The fact this is all happening across the hundreds of insurers in Canada sure smells like collusion, but it probably isn’t.

More likely is that insurers are acting rationally in an irrational situation to preserve shareholder profits. it’s getting close to a time where if costs continue to rise, it will make sense to self-insure. Maybe insurers will get the competitive bug before then and start competing again in the next few years, but prices rarely drop so I am not holding my breath.  More likely is government will step in with yet more regulation when there is enough public outcry, even though regulation with unintended consequences is what got us in this mess in the first place. 

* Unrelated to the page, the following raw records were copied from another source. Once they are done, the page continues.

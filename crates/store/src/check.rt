ghost use Rattle.store.specs.Check.{size_check};
ghost use Rattle.std.specs.Prelude.{◌≡◌, length};

use thiserror::Error;

/// Why a store cannot be made.
#[derive(Clone, Copy, Debug, PartialEq, Eq, Error)]
pub enum SizeError {
    #[error("a store has 65536 bytes")]
    Size = 8,
}

impl SizeError {
    pub fn number(self) -> u8
        ensures { result ≡ Rattle.store.specs.Check.number self }
    {
        self as u8
    }
}

/// The check before a store is made: refuses memory of another size than 65,536 bytes.
pub fn check_size(memory: &[u8]) -> Result<(), SizeError>
    ensures { result ≡ size_check (length memory.now) }
{
    if memory.len() == 65536 {
        Ok(())
    } else {
        Err(SizeError::Size)
    }
}
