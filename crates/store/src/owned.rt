ghost use Rattle.std.proofs.Common.{sym, ◌∙◌};
ghost use Rattle.std.specs.Prelude.{◌≡◌, [], vec_len};

use crate::store::Store;

/// A store that owns its bytes.
#[derive(Drop)]
pub struct Owned {
    held: Vec<u8>,
    ghost full: { vec_len held ≡ 65536 },
}

impl Owned {
    /// Needs `check_size` passed.
    pub fn new(image: Vec<u8>) -> Owned
        requires { vec_len image ≡ 65536 }
        ensures { result.held.items ≡ image.items }
    {
        Owned { held: image }
    }
}

impl Store for Owned {
    ghost bytes = { λ s. s.held.items };

    ghost footing = { λ s. [] };

    ghost full = { λ s. sym s.held.ok.0 ∙ s.full };

    fn read(&self, address: u16) -> u8 {
        self.held[usize::from(address)]
    }

    fn read_half(&self, address: u16) -> [u8; 2] {
        let at = usize::from(address - address % 2);
        [self.held[at], self.held[at + 1]]
    }

    fn write(&mut self, address: u16, byte: u8) {
        let at = usize::from(address);
        self.held[at] = byte;
    }
}
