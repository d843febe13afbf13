ghost use Rattle.std.specs.Prelude.{◌≡◌, ◌∷◌};

use crate::store::Store;

/// A store that its owner lends for a while: what is written is written there, and `release` gives it back.
#[derive(Drop)]
pub struct Lending<'a, S: Store> {
    store: &'a mut S,
}

impl<'a, S: Store> Lending<'a, S> {
    pub fn new(store: &'a mut S) -> Lending<'a, S>
        ensures { result.store ≡ store.entry }
    {
        Lending { store }
    }

    pub fn release(self) -> &'a mut S
        ensures { result ≡ self.entry.store }
    {
        let Lending { store } = self;
        store
    }
}

impl<S: Store> Store for Lending<'_, S> {
    ghost bytes = { λ s. S.Store.bytes s.store.now };

    ghost footing = { λ s. s.store.ghost_name ∷ S.Store.footing s.store.now };

    ghost full = { λ s. S.Store.full s.store.now };

    fn read(&self, address: u16) -> u8 {
        self.store.read(address)
    }

    fn read_half(&self, address: u16) -> [u8; 2] {
        self.store.read_half(address)
    }

    fn write(&mut self, address: u16, byte: u8) {
        self.store.write(address, byte);
    }
}
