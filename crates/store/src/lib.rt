// A store means 65,536 bytes, at the addresses 0 to 65,535. Begin with `store.rt`, the trait: all that a program, a hall and the crates
// above know of the memory that they run on. `bulk.rt` moves many bytes at once, `check.rt` tells memory of the right size, and
// `Owned` is the plainest store, over bytes of its own. `Lending` is a store for a while in the place of another.
#![tactic(auto)]

mod bulk;
mod check;
mod lending;
mod owned;
mod store;

pub use bulk::{append_all, read_all, write_all};
pub use check::{SizeError, check_size};
pub use lending::Lending;
pub use owned::Owned;
pub use store::Store;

So in my opinion, risk to physical buildings hasn’t increased, and what is actually happening is insurers have seen increased claims, but they’ve actually taken a beating to profits because of such low bond yields for such a long time.  Insurers are handcuffed by capital reserve requirements are enforced on them by a bygone era where bonds were deemed “safe.”  In my view, it’s part of the problem with an ever growing nanny state, because regulation frequently has unintended consequences. 

Thankfully for my shareholders, the benefit of the bond market’s influence on low cost of borrowing outweighs the drag on the expense side of the income statement.  Furthermore, multifamily income have proven to be very stable, even during the pandemic.

 

 

If you’re buying a building in the future, be sure to be careful to negotiate a large discount on a building with aging components.